BEGIN

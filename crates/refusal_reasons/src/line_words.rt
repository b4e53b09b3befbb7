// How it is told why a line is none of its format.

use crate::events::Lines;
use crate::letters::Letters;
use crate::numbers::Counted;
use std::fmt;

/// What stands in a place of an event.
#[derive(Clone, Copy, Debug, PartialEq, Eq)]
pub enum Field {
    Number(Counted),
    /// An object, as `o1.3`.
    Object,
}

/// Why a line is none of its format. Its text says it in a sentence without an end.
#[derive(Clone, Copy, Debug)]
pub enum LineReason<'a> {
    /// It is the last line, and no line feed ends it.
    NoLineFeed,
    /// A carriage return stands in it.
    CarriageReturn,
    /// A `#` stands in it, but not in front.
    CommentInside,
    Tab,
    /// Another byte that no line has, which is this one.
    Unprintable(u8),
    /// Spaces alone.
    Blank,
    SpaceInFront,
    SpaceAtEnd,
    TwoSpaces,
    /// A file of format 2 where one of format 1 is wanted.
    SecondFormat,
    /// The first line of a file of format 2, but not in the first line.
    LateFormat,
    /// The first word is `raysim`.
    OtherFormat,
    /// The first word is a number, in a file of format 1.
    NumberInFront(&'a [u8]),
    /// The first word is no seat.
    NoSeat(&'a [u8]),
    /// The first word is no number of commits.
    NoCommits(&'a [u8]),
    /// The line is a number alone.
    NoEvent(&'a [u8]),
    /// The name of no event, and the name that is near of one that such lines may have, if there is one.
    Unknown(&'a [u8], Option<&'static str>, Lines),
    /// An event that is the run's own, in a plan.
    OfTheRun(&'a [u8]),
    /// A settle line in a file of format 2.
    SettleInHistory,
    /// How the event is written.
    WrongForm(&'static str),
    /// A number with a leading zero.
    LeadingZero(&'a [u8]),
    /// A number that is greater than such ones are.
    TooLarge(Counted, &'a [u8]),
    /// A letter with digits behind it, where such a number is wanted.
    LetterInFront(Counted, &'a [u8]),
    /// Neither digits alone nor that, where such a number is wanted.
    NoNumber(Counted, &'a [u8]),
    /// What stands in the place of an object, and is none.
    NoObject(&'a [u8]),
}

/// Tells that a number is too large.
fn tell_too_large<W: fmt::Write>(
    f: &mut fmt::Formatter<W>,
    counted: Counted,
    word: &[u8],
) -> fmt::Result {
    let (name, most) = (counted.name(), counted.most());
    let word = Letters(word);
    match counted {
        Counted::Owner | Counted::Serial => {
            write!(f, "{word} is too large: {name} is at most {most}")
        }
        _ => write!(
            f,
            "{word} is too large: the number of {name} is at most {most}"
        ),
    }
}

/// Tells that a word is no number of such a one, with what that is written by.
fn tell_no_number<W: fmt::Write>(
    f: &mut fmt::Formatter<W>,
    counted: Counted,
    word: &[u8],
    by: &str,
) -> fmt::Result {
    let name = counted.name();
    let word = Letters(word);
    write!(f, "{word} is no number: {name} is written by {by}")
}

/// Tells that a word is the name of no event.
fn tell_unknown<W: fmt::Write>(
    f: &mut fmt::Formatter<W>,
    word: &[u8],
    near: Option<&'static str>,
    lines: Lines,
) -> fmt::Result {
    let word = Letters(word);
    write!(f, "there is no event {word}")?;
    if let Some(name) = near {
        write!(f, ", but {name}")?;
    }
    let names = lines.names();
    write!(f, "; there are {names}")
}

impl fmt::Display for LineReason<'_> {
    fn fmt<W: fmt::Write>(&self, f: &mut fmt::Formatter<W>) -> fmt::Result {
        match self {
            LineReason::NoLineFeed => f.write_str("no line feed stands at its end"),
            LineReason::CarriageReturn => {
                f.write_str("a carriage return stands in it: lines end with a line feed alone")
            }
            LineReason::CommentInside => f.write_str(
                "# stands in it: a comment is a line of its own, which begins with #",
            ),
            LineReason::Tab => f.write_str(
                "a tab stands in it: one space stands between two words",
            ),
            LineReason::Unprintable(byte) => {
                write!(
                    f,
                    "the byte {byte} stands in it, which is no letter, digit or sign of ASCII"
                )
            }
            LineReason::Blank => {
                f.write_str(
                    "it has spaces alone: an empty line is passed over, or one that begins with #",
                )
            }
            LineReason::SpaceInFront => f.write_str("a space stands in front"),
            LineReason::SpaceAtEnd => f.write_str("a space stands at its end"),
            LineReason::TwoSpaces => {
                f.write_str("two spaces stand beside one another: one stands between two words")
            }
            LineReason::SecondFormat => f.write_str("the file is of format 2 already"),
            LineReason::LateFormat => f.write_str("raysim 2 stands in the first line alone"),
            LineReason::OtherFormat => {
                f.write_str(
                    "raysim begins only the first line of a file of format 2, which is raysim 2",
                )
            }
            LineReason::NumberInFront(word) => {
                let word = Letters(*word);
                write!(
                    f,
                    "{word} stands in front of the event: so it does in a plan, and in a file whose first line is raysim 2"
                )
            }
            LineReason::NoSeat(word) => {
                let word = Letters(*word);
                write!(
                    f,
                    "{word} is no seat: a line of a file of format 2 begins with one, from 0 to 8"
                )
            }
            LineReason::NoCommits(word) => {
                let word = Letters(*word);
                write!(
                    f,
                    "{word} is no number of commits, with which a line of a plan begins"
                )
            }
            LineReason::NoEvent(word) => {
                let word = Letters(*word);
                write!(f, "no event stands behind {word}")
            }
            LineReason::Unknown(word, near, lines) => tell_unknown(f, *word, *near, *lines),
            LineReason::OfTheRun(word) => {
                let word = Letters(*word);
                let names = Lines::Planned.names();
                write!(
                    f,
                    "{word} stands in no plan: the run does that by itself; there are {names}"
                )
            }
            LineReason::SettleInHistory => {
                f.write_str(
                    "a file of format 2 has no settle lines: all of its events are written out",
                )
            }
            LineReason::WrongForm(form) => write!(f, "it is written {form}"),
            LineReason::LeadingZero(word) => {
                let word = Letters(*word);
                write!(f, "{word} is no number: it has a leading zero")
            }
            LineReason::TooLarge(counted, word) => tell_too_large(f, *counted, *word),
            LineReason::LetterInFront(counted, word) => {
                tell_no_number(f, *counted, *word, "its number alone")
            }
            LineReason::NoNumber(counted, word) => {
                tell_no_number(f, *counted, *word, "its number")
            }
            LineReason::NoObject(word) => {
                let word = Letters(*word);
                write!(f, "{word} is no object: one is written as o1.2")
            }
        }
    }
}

END
BEGIN

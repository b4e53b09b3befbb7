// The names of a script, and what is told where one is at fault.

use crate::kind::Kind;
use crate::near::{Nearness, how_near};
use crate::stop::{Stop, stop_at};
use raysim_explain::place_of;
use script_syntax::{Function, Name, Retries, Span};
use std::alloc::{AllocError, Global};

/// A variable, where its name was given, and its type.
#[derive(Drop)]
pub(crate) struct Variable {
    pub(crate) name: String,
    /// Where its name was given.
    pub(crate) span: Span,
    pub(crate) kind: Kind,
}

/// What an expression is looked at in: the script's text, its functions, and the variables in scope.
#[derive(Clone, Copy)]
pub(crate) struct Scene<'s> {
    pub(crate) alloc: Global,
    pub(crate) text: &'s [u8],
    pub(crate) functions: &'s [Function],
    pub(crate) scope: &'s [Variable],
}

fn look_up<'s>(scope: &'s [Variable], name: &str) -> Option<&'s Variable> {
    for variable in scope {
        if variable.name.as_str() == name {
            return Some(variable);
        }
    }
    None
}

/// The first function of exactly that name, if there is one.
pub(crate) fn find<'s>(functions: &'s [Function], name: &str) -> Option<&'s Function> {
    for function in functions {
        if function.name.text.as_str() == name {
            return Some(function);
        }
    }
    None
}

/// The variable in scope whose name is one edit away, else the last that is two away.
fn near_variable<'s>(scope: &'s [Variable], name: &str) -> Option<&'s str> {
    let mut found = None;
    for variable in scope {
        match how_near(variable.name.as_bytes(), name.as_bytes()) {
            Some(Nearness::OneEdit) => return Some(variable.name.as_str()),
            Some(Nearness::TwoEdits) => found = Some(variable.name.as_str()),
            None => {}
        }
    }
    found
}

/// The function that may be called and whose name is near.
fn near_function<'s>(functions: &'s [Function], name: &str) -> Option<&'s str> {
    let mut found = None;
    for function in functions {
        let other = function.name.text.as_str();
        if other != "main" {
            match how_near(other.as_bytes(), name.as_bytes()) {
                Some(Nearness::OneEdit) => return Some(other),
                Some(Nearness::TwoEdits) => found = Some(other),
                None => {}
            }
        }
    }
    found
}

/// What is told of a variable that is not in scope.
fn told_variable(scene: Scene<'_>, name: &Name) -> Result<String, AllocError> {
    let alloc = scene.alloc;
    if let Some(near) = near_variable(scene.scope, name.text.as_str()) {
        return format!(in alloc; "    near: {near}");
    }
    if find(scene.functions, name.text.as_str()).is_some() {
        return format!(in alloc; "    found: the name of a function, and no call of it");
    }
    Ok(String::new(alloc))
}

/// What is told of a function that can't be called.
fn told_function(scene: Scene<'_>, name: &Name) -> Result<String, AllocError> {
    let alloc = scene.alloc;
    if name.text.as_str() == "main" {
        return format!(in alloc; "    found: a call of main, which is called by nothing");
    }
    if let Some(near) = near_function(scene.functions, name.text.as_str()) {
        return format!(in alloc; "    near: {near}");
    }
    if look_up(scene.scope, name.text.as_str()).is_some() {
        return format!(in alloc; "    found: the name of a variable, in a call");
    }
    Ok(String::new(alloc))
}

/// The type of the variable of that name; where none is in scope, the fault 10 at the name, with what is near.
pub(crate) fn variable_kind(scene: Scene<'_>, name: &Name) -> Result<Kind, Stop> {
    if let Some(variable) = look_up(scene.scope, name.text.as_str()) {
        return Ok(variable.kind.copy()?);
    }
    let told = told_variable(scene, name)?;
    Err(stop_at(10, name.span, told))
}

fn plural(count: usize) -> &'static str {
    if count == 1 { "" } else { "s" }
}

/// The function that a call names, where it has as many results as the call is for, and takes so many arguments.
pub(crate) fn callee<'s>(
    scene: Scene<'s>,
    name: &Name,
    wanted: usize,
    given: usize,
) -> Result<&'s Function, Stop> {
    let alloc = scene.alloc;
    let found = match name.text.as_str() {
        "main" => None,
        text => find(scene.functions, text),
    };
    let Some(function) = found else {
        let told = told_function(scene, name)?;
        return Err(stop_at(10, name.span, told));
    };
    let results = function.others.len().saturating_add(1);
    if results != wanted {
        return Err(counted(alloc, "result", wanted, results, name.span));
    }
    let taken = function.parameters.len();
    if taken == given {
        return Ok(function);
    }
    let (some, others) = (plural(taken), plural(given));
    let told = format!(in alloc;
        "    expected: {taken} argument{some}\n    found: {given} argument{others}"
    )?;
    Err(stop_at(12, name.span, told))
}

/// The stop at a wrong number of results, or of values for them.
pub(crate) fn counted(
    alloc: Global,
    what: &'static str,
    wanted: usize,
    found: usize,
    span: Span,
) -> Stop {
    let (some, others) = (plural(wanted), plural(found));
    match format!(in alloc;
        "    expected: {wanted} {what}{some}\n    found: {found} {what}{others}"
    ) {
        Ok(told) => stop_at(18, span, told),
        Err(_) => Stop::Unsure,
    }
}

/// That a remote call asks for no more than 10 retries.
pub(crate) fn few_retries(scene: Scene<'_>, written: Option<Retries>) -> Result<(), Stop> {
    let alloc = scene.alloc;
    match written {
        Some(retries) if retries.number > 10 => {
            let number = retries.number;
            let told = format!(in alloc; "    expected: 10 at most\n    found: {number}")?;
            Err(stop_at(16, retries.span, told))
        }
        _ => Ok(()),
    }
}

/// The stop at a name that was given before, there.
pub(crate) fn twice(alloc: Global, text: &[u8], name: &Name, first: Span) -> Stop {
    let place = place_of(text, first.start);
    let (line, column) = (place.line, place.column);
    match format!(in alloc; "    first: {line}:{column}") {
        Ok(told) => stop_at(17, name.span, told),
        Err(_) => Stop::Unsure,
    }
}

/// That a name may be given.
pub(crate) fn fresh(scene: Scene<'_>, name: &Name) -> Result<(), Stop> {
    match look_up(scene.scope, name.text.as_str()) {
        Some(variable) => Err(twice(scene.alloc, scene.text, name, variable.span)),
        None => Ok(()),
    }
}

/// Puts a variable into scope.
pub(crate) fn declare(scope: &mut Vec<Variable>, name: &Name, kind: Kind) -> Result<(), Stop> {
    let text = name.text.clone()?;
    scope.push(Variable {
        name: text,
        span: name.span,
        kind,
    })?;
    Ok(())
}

END
BEGIN

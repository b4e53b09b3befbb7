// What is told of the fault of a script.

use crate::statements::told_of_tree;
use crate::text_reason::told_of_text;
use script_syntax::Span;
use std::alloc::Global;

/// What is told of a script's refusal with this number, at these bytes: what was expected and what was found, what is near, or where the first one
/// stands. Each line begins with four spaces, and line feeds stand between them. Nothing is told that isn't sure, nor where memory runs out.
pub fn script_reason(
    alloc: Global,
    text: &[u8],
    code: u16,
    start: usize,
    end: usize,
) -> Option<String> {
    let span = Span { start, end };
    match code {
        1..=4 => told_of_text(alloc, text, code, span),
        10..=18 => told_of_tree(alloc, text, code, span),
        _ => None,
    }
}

END

Filter the entries by the string "WrongForm" and copy each matching line.

### Response box
    WrongForm(&'static str),
            LineReason::WrongForm(form) => write!(f, "it is written {form}"),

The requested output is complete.